Since you're using the quantmod
package, you can use getSplits() function to determine which splits a stock has had within a certain timeframe. Since you're dealing with a large number of stocks, you can use a custom function to get what you want.
getSymbolSplit <- function(symbol,xts,date) {
splitCheck <- getSplits(symbol,from = date)
if(anyNA(splitCheck, recursive = FALSE)){
xts$Split <- 0
} else {
xts$Split <- 1
}
return(xts)
}
Once you have that function, you can quickly add a split to the existing stocks data. Example:
getSymbols('GOOG')
GOOG <- getSymbolSplit('GOOG',GOOG,'1993-01-01')

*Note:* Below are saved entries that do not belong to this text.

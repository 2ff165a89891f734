//! Traces as in `rule_rows`, of the six rules of an AXI4-Lite port.

use super::rule_rows::RuleRow;

/// Rules 1 and 2, as on AXI4.
pub(super) static LITE_HANDSHAKES: [RuleRow; 11] = [
    // AW goes
    RuleRow {
        trace: "1 0 lite 4 =0,10,0,2,1,0,0:0:3 - - - -
2 0 lite 4 - - - - -
",
        breaks: Some((1, 1)),
    },
    // W goes
    RuleRow {
        trace: "1 0 lite 4 - =00000000,f,1,0:0:3 - - -
2 0 lite 4 - - - - -
",
        breaks: Some((2, 1)),
    },
    // B goes
    RuleRow {
        trace: "1 0 lite 4 +0,10,0,2,1,0,0:0:3 +00000000,f,1,0:0:3 - - -
2 0 lite 4 - - =0,0,0:0:3 - -
3 0 lite 4 - - - - -
",
        breaks: Some((3, 1)),
    },
    // AR goes
    RuleRow {
        trace: "1 0 lite 4 - - - =0,10,0,2,1,0,0:0:3 -
2 0 lite 4 - - - - -
",
        breaks: Some((4, 1)),
    },
    // R goes
    RuleRow {
        trace: "1 0 lite 4 - - - +0,10,0,2,1,0,0:0:3 -
2 0 lite 4 - - - - =0,00000000,0,1,0:0:3
3 0 lite 4 - - - - -
",
        breaks: Some((5, 1)),
    },
    // AW changes
    RuleRow {
        trace: "1 0 lite 4 =0,10,0,2,1,0,0:0:3 - - - -
2 0 lite 4 +0,14,0,2,1,0,0:0:3 - - - -
",
        breaks: Some((1, 2)),
    },
    // W changes
    RuleRow {
        trace: "1 0 lite 4 - =00000000,f,1,0:0:3 - - -
2 0 lite 4 - +00000001,f,1,0:0:3 - - -
",
        breaks: Some((2, 2)),
    },
    // B changes
    RuleRow {
        trace: "1 0 lite 4 +0,10,0,2,1,0,0:0:3 +00000000,f,1,0:0:3 - - -
2 0 lite 4 - - =0,0,0:0:3 - -
3 0 lite 4 - - +0,2,0:0:3 - -
",
        breaks: Some((3, 2)),
    },
    // AR changes
    RuleRow {
        trace: "1 0 lite 4 - - - =0,10,0,2,1,0,0:0:3 -
2 0 lite 4 - - - =0,14,0,2,1,0,0:0:3 -
",
        breaks: Some((4, 2)),
    },
    // R changes
    RuleRow {
        trace: "1 0 lite 4 - - - +0,10,0,2,1,0,0:0:3 -
2 0 lite 4 - - - - =0,00000000,0,1,0:0:3
3 0 lite 4 - - - - +0,00000001,0,1,0:0:3
",
        breaks: Some((5, 2)),
    },
    // all wait and stay
    RuleRow {
        trace: "1 0 lite 4 +0,10,0,2,1,0,0:0:3 +00000000,f,1,0:0:3 - +0,10,0,2,1,0,0:0:3 -
2 0 lite 4 =0,10,0,2,1,0,0:0:3 =00000000,f,1,0:0:3 =0,0,0:0:3 =0,10,0,2,1,0,0:0:3 =0,00000000,0,1,0:0:3
3 0 lite 4 +0,10,0,2,1,0,0:0:3 +00000000,f,1,0:0:3 +0,0,0:0:3 +0,10,0,2,1,0,0:0:3 +0,00000000,0,1,0:0:3
4 0 lite 4 - - - - -
",
        breaks: None,
    },
];

/// Rules 3 to 6: accesses, data and answers.
pub(super) static LITE_BEATS: [RuleRow; 24] = [
    // an ID on AW
    RuleRow {
        trace: "1 0 lite 4 +1,0,0,2,1,0,1:0:3 - - - -
",
        breaks: Some((1, 3)),
    },
    // an ID on AR
    RuleRow {
        trace: "1 0 lite 4 - - - =1,0,0,2,1,0,1:0:3 -
",
        breaks: Some((4, 3)),
    },
    // two beats
    RuleRow {
        trace: "1 0 lite 4 +0,0,1,2,1,0,1:0:3 - - - -
",
        breaks: Some((1, 3)),
    },
    // 2 bytes of 4
    RuleRow {
        trace: "1 0 lite 4 - - - +0,0,0,1,1,0,1:0:3 -
",
        breaks: Some((4, 3)),
    },
    // 8 bytes on a bus of 4
    RuleRow {
        trace: "1 0 lite 4 +0,0,0,3,1,0,1:0:3 - - - -
",
        breaks: Some((1, 3)),
    },
    // FIXED
    RuleRow {
        trace: "1 0 lite 4 - - - +0,0,0,2,0,0,1:0:3 -
",
        breaks: Some((4, 3)),
    },
    // exclusive
    RuleRow {
        trace: "1 0 lite 4 +0,0,0,2,1,1,1:0:3 - - - -
",
        breaks: Some((1, 3)),
    },
    // an address that is not aligned
    RuleRow {
        trace: "1 0 lite 4 +0,12,0,2,1,0,1:2:3 - - - -
",
        breaks: None,
    },
    // data without last
    RuleRow {
        trace: "1 0 lite 4 - +00000000,f,0,1:0:3 - - -
",
        breaks: Some((2, 4)),
    },
    // no strobe at all
    RuleRow {
        trace: "1 0 lite 4 - +00000000,0,1,1:0:3 - - -
",
        breaks: None,
    },
    // a response with an ID
    RuleRow {
        trace: "1 0 lite 4 +0,10,0,2,1,0,0:0:3 +00000000,f,1,0:0:3 - - -
2 0 lite 4 - - +1,0,0:0:3 - -
",
        breaks: Some((3, 4)),
    },
    // read data with an ID
    RuleRow {
        trace: "1 0 lite 4 - - - +0,10,0,2,1,0,0:0:3 -
2 0 lite 4 - - - - +1,00000000,0,1,0:0:3
",
        breaks: Some((5, 4)),
    },
    // read data without last
    RuleRow {
        trace: "1 0 lite 4 - - - +0,10,0,2,1,0,0:0:3 -
2 0 lite 4 - - - - +0,00000000,0,0,0:0:3
",
        breaks: Some((5, 4)),
    },
    // EXOKAY on B
    RuleRow {
        trace: "1 0 lite 4 - - +0,1,1:0:3 - -
",
        breaks: Some((3, 5)),
    },
    // EXOKAY on R
    RuleRow {
        trace: "1 0 lite 4 - - - +0,10,0,2,1,0,0:0:3 -
2 0 lite 4 - - - - +0,00000000,1,1,0:0:3
",
        breaks: Some((5, 5)),
    },
    // a response to nothing
    RuleRow {
        trace: "1 0 lite 4 - - +0,0,1:0:3 - -
",
        breaks: Some((3, 6)),
    },
    // in the round of the data
    RuleRow {
        trace: "1 0 lite 4 +0,10,0,2,1,0,0:0:3 - - - -
2 0 lite 4 - +00000000,f,1,0:0:3 =0,0,0:0:3 - -
",
        breaks: Some((3, 6)),
    },
    // without data
    RuleRow {
        trace: "1 0 lite 4 +0,10,0,2,1,0,0:0:3 - - - -
2 0 lite 4 - - =0,0,0:0:3 - -
",
        breaks: Some((3, 6)),
    },
    // without an address
    RuleRow {
        trace: "1 0 lite 4 - +00000000,f,1,0:0:3 - - -
2 0 lite 4 - - =0,0,0:0:3 - -
",
        breaks: Some((3, 6)),
    },
    // two responses to one beat of data
    RuleRow {
        trace: "1 0 lite 4 +0,10,0,2,1,0,0:0:3 +00000000,f,1,0:0:3 - - -
2 0 lite 4 +0,14,0,2,1,0,0:0:3 - +0,0,0:0:3 - -
3 0 lite 4 - - +0,0,0:0:3 - -
",
        breaks: Some((3, 6)),
    },
    // data first
    RuleRow {
        trace: "1 0 lite 4 - +00000000,f,1,0:0:3 - - -
2 0 lite 4 +0,10,0,2,1,0,0:0:3 - - - -
3 0 lite 4 - - +0,2,0:0:3 - -
",
        breaks: None,
    },
    // read data in the round of its address
    RuleRow {
        trace: "1 0 lite 4 - - - +0,10,0,2,1,0,0:0:3 =0,00000000,0,1,0:0:3
",
        breaks: Some((5, 6)),
    },
    // a beat too many
    RuleRow {
        trace: "1 0 lite 4 - - - +0,10,0,2,1,0,0:0:3 -
2 0 lite 4 - - - - +0,00000000,0,1,0:0:3
3 0 lite 4 - - - - +0,00000000,0,1,0:0:3
",
        breaks: Some((5, 6)),
    },
    // two reads
    RuleRow {
        trace: "1 0 lite 4 - - - +0,10,0,2,1,0,0:0:3 -
2 0 lite 4 - - - +0,14,0,2,1,0,0:0:3 -
3 0 lite 4 - - - - +0,00000000,0,1,0:0:3
4 0 lite 4 - - - - +0,00000001,0,1,0:0:3
",
        breaks: None,
    },
];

The getSymbols() function creates the xts named GOOG, so our function checks if any splits have happened since 1993-01-01 (yes) and adds a column Split
with the value of 1.
getSymbols('REGN')
REGN <- getSymbolSplit('REGN',REGN,'1993-01-01')
Same deal, but REGN has had no splits since 1993 and the column has a value of 0.
Now you have a clear binary variable for grouping between firms that have had a split in your given timeframe.
As a warning, I encountered a problem with BRK-A. R does not normally permit names that include a '-', and the function breaks when trying to pass an xts named BRK-A. If you have stocks that use a - in their symbol, I recommend you rename them before using them. This function is not the only place where the dash could cause problems.